§ **Task details**
From the line containing "let Ok(Some(found)) = decode(slots::slot_at(self.bytes, i))" through the last line of the entries, set down every line exactly and add nothing.

§ **Task data**

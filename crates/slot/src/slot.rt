// A slot: the header, then sixteen entries.
ghost use Rattle.std.specs.Prelude.{◌≡◌, true, is_ok, IfOk, nat_eq, nat_le, slice_index};
ghost use Rattle.std.specs.List.{list_all};
ghost use Rattle.slot.specs.Layout.{slot_bytes};
ghost use Rattle.slot.specs.Reading.{row_in, lawful_slot, row_of};

use crate::entry::{entries_bytes, entries_in};
use crate::header::{HEADER, header_bytes, site_month, state_in};
use record::{Record, Row};

// How many bytes a slot takes.
pub const SLOT: usize = 424;

// A slot that is not in use.
pub const EMPTY: [u8; SLOT] = [0; SLOT];

// The bytes are not those of a slot: neither all zero nor what the encoder writes for a record.
#[derive(Clone, Copy, Debug, PartialEq, Eq)]
pub struct BadSlot;

// The slot of a record. A pair of functions with `decode`: neither an array nor an Option of a record is of this crate, so
// that no From and TryFrom can be.
pub fn encode(kept: &Record) -> [u8; SLOT]
    ensures value { result ≡ slot_bytes kept.now.row }
    ensures reads_back { row_in result ≡ kept.now.row }
    ensures lawful { lawful_slot result ≡ true }
{
    // Two copies: the two parts are of different types.
    let row = kept.row();
    let mut slot = [0; SLOT];
    slot[..HEADER].copy_from_slice(&header_bytes(row));
    slot[HEADER..].copy_from_slice(entries_bytes(&row.entries).as_flattened());
    slot
}

// The record in a slot, or nothing where the slot is all zero.
pub fn decode(slot: &[u8]) -> Result<Option<Record>, BadSlot>
    ensures refused { is_ok result ≡ lawful_slot slot.now }
    ensures value { IfOk result (λ found. row_of found ≡ row_in slot.now) }
    ensures spelling { IfOk result (λ found. slot.now ≡ slot_bytes (row_of found)) }
{
    let Ok(slot) = <&[u8; SLOT]>::try_from(slot) else {
        return Err(BadSlot);
    };
    if all_zero(slot) {
        return Ok(None);
    }
    // A match of two arms: a chain of `map` and `map_err` is no plainer.
    match Record::try_from(row_in(slot)?) {
        Ok(kept) => Ok(Some(kept)),
        Err(_) => Err(BadSlot),
    }
}

// Whether each byte is zero.
fn all_zero(bytes: &[u8]) -> bool
    ensures { result ≡ list_all (λ b. nat_eq b 0) bytes.now }
{
    bytes.iter().all(|b| *b == 0)
}

// The row in a slot, unless there is no such state.
fn row_in(slot: &[u8; SLOT]) -> Result<Row, BadSlot>
    ensures refused { is_ok result ≡ nat_le (slice_index slot.now 0) 2 }
    ensures value { IfOk result (λ row. row ≡ row_in slot.now) }
{
    let [state, count, a, b, c, d, e, f, ..] = *slot;
    Ok(Row {
        at: site_month([a, b, c, d, e, f]),
        state: state_in(state).ok_or(BadSlot)?,
        count: usize::from(count),
        entries: entries_in(slot),
    })
}
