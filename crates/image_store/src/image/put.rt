// Writing a slot of an image over.
ghost use Rattle.std.specs.Prelude.{◌≡◌, ◌<◌};
ghost use Rattle.slots.specs.Cuts.{slot_count, put_slot};

use slot::SLOT;

// Writes a slot over. By its bytes: of a slice that is written as arrays, nothing is known of what it ends as.
pub(crate) fn put(bytes: &mut [u8], i: usize, slot: &[u8; SLOT])
    requires { i < slot_count bytes.old }
    ensures { bytes.new ≡ put_slot i slot.now bytes.old }
{
    let from = SLOT * i;
    bytes[from..from + SLOT].copy_from_slice(slot);
}
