// The calls of a store.
ghost use Rattle.std.specs.Prelude.{◌≡◌, replicate, MatchBool, MatchResult};
ghost use Rattle.record.specs.Rows.{holding};
ghost use Rattle.slot.specs.Layout.{slot_bytes};
ghost use Rattle.store.specs.Changes.{Kept, Removed};
ghost use Rattle.store.specs.Table.{table_meaning};
ghost use Rattle.slots.specs.Cuts.{table_of, OneSlot};
ghost use Rattle.slots.proofs.Imaged.{image_lawful};

use crate::image::Image;
use crate::image::put::put;
use reading::{Fault, SiteMonth};
use record::Record;
use slot::{EMPTY, decode, encode};
use store::Store;

// A store over rows has the same bodies, and says why both stand.
impl<'a> Store for Image<'a> {
    ghost meaning = { λ store. table_meaning (table_of store.bytes.now) };

    ghost lawful = { λ store. image_lawful store.bytes.now store.lawful };

    #[tactic(auto, using(slots::proofs::Cutting::table_long))]
    fn capacity(&self) -> usize {
        slots::count(self.bytes)
    }

    #[tactic(auto, using(store::proofs::Stored::found_holds))]
    fn find(&self, at: SiteMonth) -> bool {
        self.place(at).is_some()
    }

    fn read(&self, at: SiteMonth, place: &mut Record) -> bool {
        let Some(i) = self.place(at) else {
            return false;
        };
        let Ok(Some(found)) = decode(slots::slot_at(self.bytes, i)) else {
            unreachable()
        };
        *place = found;
        true
    }

    // One slot's bytes change, or none where the record is refused.
    fn keep(&mut self, kept: &Record) -> Result<(), Fault>
        ensures kept { Kept (table_meaning (table_of self.old.bytes.now)) (holding kept.now.row) (table_meaning (table_of self.new.bytes.now)) result }
        ensures bytes { MatchResult result (λ _. OneSlot (slot_bytes kept.now.row) self.old.bytes.now self.new.bytes.now) (λ _. self.new.bytes.now ≡ self.old.bytes.now) }
    {
        let Some(i) = self.room(kept.at()) else {
            return Err(Fault::StoreFull);
        };
        put(self.bytes, i, &encode(kept));
        Ok(())
    }

    // One slot's bytes become zero, or none change where the site month is not held.
    fn remove(&mut self, at: SiteMonth) -> bool
        ensures removed { Removed (table_meaning (table_of self.old.bytes.now)) at (table_meaning (table_of self.new.bytes.now)) result }
        ensures bytes { MatchBool result (OneSlot (replicate 424 0) self.old.bytes.now self.new.bytes.now) (self.new.bytes.now ≡ self.old.bytes.now) }
    {
        let Some(i) = self.place(at) else {
            return false;
        };
        put(self.bytes, i, &EMPTY);
        true
    }
}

§ **Answer to this problem**
        let Ok(Some(found)) = decode(slots::slot_at(self.bytes, i)) else {
            unreachable()
        };
        *place = found;
        true
    }

    // One slot's bytes change, or none where the record is refused.
    fn keep(&mut self, kept: &Record) -> Result<(), Fault>
        ensures kept { Kept (table_meaning (table_of self.old.bytes.now)) (holding kept.now.row) (table_meaning (table_of self.new.bytes.now)) result }
        ensures bytes { MatchResult result (λ _. OneSlot (slot_bytes kept.now.row) self.old.bytes.now self.new.bytes.now) (λ _. self.new.bytes.now ≡ self.old.bytes.now) }
    {
        let Some(i) = self.room(kept.at()) else {
            return Err(Fault::StoreFull);
        };
        put(self.bytes, i, &encode(kept));
        Ok(())
    }

    // One slot's bytes become zero, or none change where the site month is not held.
    fn remove(&mut self, at: SiteMonth) -> bool
        ensures removed { Removed (table_meaning (table_of self.old.bytes.now)) at (table_meaning (table_of self.new.bytes.now)) result }
        ensures bytes { MatchBool result (OneSlot (replicate 424 0) self.old.bytes.now self.new.bytes.now) (self.new.bytes.now ≡ self.old.bytes.now) }
    {
        let Some(i) = self.place(at) else {
            return false;
        };
        put(self.bytes, i, &EMPTY);
        true
    }
}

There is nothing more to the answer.